Physiological, biochemical and cellbiological background to the gastrointestinal tract and liver, and how these can be related to drug transport and metabolism.

Basic understanding of methods used to study dissolution, permeability, transit time, stability, metabolism and physiology-based pharmacokinetics (PBPK). These include in silico, in vitro, in situ and in vivo methods used to elucidate possibilities and limitations in predictions of biopharmaceutical processes in humans.

Mechanistical insights to cellular transport processes and metabolism are provided to understand molecular features of importance for drug transport and clearance. Drug-drug interactions and interactions with food and the relevance of such interactions for intestinal drug absorption, liver distribution and extraction.

Overview of principles to formulate different types of problematic drug molecules and when other administration routes than the oral are suitable.
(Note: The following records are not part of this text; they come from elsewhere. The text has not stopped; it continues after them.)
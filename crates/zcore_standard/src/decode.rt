//! The instruction of an opcode, by its row of the table (Z-Machine Standards Document 1.1, section
//! 4).

ghost use Rattle.std.specs.Prelude.{◌≡◌, ◌≤◌, ◌<◌, ◌+◌, nat_lt, length, take, IfOk};
ghost use Rattle.zcore.specs.Instruction as known;
ghost use Rattle.zcore.specs.Layout.{longest_story};
ghost use Rattle.machine_decoding.specs.Seen.{seen};
ghost use Rattle.zcore_standard.specs.Instruction as definitions;
ghost use Rattle.zcore_standard.specs.Endings.{ends};

use crate::opcode::EXTENDED;
use machine_decoding::first_bytes::{
    FIRST_IS_VARIABLE, SECOND_IS_VARIABLE, SHORT_FORM, SHORT_OPCODE_NUMBERS, VARIABLE_FORM,
};
use machine_decoding::{
    BRANCH_ON_TRUE, Ending, OFFSETS, OMITTED, ONE_BYTE_BRANCH, OPERANDS, SMALL, TYPES, read_byte,
    read_each, read_types,
};
use zcore::{Branch, Fault, OpcodeRow, Operand};

/// A byte has so many types of operands (section 4.4.3).
const TYPES_IN_A_BYTE: usize = 4;

/// The types of the operands of the instruction at an address whose opcode has this row, how many
/// there are, and the address of the first operand.
///
/// # Errors
///
/// M1 where an operand is given after an omitted one; M2 where the types lie outside the story.
pub fn types_at(
    story: &[u8],
    at: usize,
    row: OpcodeRow,
) -> Result<([u8; OPERANDS], usize, usize), Fault>
    requires short { length story.now ≤ longest_story }
    requires within { at < length story.now }
    ensures types { seen (λ x. (take x.1 x.0, x.2)) result
        ≡ definitions.row_types story.now at row }
    ensures few { IfOk result (λ x. x.1 ≤ OPERANDS) }
    ensures within { IfOk result (λ x. x.2 ≤ length story.now) }
{
    read_by_form(story, has_more_types(row), story[at], at)
}

/// The same, where the first byte was read. In variable form the types are in two bytes if there may
/// be more.
fn read_by_form(
    story: &[u8],
    more: bool,
    first: u8,
    at: usize,
) -> Result<([u8; OPERANDS], usize, usize), Fault>
    requires short { length story.now ≤ longest_story }
    requires within { at < length story.now }
    ensures types { seen (λ x. (take x.1 x.0, x.2)) result
        ≡ definitions.types_at story.now more first at }
    ensures few { IfOk result (λ x. x.1 ≤ OPERANDS) }
    ensures within { IfOk result (λ x. x.2 ≤ length story.now) }
{
    if first == EXTENDED {
        read_types(story, more, at + 2)
    } else if first < SHORT_FORM {
        let x = first / FIRST_IS_VARIABLE % 2 + SMALL;
        let y = first / SECOND_IS_VARIABLE % 2 + SMALL;
        Ok((
            [x, y, OMITTED, OMITTED, OMITTED, OMITTED, OMITTED, OMITTED],
            2,
            at + 1,
        ))
    } else if first < VARIABLE_FORM {
        let (types, count) = short_types(first);
        Ok((types, count, at + 1))
    } else {
        read_types(story, more, at + 1)
    }
}

/// The types of the operands of an instruction in short form, and how many there are: one, or none
/// (section 4.4.1).
fn short_types(first: u8) -> ([u8; OPERANDS], usize)
    ensures types { take result.1 result.0 ≡ definitions.short_types first }
    ensures few { result.1 ≤ 1 }
{
    let x = first / SHORT_OPCODE_NUMBERS % TYPES;
    let count = if x == OMITTED { 0 } else { 1 };
    (
        [
            x, OMITTED, OMITTED, OMITTED, OMITTED, OMITTED, OMITTED, OMITTED,
        ],
        count,
    )
}

/// The variable for a result, where one is stored, and the address after it (section 4.6).
fn result_at(story: &[u8], stores: bool, at: usize) -> Result<(Option<u8>, usize), Fault>
    requires { at ≤ length story.now }
    ensures variable { seen (λ x. x) result ≡ definitions.result_at story.now stores at }
    ensures within { IfOk result (λ x. x.1 ≤ length story.now) }
{
    if stores {
        Ok((Some(read_byte(story, at)?), at + 1))
    } else {
        Ok((None, at))
    }
}

/// The branch data at an address, of one byte or two, and the address after them (section 4.7). M2
/// where they do not lie in the story.
pub fn branch_at(story: &[u8], at: usize) -> Result<(Branch, usize), Fault>
    requires { length story.now ≤ longest_story }
    ensures branch { seen (λ x. x) result ≡ known.branch_at story.now at }
    ensures within { IfOk result (λ x. x.1 ≤ length story.now) }
{
    let first = read_byte(story, at)?;
    let when = BRANCH_ON_TRUE <= first;
    if first / ONE_BYTE_BRANCH % 2 == 1 {
        let offset = first as u16 % OFFSETS;
        return Ok((Branch { when, offset }, at + 1));
    }
    let second = read_byte(story, at + 1)?;
    let offset = first as u16 % OFFSETS * 256 + second as u16;
    Ok((Branch { when, offset }, at + 2))
}

/// The branch, where there is one, and the address after it.
fn branch_after(story: &[u8], branches: bool, at: usize) -> Result<(Option<Branch>, usize), Fault>
    requires short { length story.now ≤ longest_story }
    requires at { at ≤ length story.now }
    ensures branch { seen (λ x. x) result ≡ definitions.branch_after story.now branches at }
    ensures within { IfOk result (λ x. x.1 ≤ length story.now) }
{
    if branches {
        let (branch, after) = branch_at(story, at)?;
        Ok((Some(branch), after))
    } else {
        Ok((None, at))
    }
}

/// The instruction at an address whose opcode has this row: how many operands it has, and what
/// follows them.
///
/// # Errors
///
/// M1 where the operands are not as many as the row says, or one is given after an omitted one; M2
/// where its bytes do not all lie in the story.
pub fn decode_row(
    story: &[u8],
    at: usize,
    row: OpcodeRow,
    operands: &mut [Operand; OPERANDS],
) -> Result<(usize, Ending), Fault>
    requires short { length story.now ≤ longest_story }
    requires within { at < length story.now }
    ensures instruction { seen (λ x. (
      record {
        operands = take x.0 operands.new;
        result = x.1.result;
        branch = x.1.branch;
      },
      x.1.after,
    )) result ≡ definitions.decode_row story.now at row }
    ensures few { IfOk result (λ x. x.0 ≤ OPERANDS) }
    ensures enough { IfOk result (λ x. row.least_operands ≤ x.0) }
    ensures within { IfOk result (λ x. x.1.after ≤ length story.now) }
    ensures size { length operands.new ≡ OPERANDS }
{
    let (types, count, after) = types_at(story, at, row)?;
    if count < row.least_operands || row.most_operands < count {
        return Err(Fault::Opcode);
    }
    let after = read_each(story, &types, count, after, operands)?;
    let ending = ending_at(story, row, after)?;
    Ok((count, ending))
}

/// The same, whatever the number of the operands.
///
/// # Errors
///
/// M1 where an operand is given after an omitted one; M2 where the bytes of the instruction do not
/// all lie in the story.
pub fn decode_any(
    story: &[u8],
    at: usize,
    row: OpcodeRow,
    operands: &mut [Operand; OPERANDS],
) -> Result<(usize, Ending), Fault>
    requires short { length story.now ≤ longest_story }
    requires within { at < length story.now }
    ensures within { IfOk result (λ x. x.1.after ≤ length story.now) }
    ensures size { length operands.new ≡ OPERANDS }
{
    let (types, count, after) = types_at(story, at, row)?;
    let after = read_each(story, &types, count, after, operands)?;
    let ending = ending_at(story, row, after)?;
    Ok((count, ending))
}

/// Whether an opcode with this row has a second byte of operand types in variable form (section
/// 4.4.3.1).
fn has_more_types(row: OpcodeRow) -> bool
    ensures { result ≡ nat_lt 4 row.most_operands }
{
    TYPES_IN_A_BYTE < row.most_operands
}

/// What follows the operands of an instruction, by its row of the table.
fn ending_at(story: &[u8], row: OpcodeRow, at: usize) -> Result<Ending, Fault>
    requires short { length story.now ≤ longest_story }
    requires at { at ≤ length story.now }
    ensures ending { seen (λ x. (x.result, x.branch, x.after)) result ≡ ends story.now row at }
    ensures within { IfOk result (λ x. x.after ≤ length story.now) }
{
    let (result, after) = result_at(story, row.has_result, at)?;
    let (branch, after) = branch_after(story, row.has_branch, after)?;
    Ok(Ending {
        result,
        branch,
        after: after as u32,
    })
}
Regulatory aspects on drug absorption, bioavailability and bioequivalence based on guidelines from the regulatory authorities (e.g. FDA, EMA).

Instruction

The teaching is based on lectures, seminars, exercises, computational and experimental laboratory work and a literature study. The course is given in Swedish or English.

Compulsory sections: course start, exercises, laboratory work, literature study.

Assessment

Examination is performed at the end of the course. In addition, passing the course requires presence during compulsory sections of the course and approved examination of laboratory work and literature study. Possibility to redo or complement compulsory sections can earliest be provided the next semester in case of vacancies. Students have right to six examinations, i.e. one examination and five re-examinations.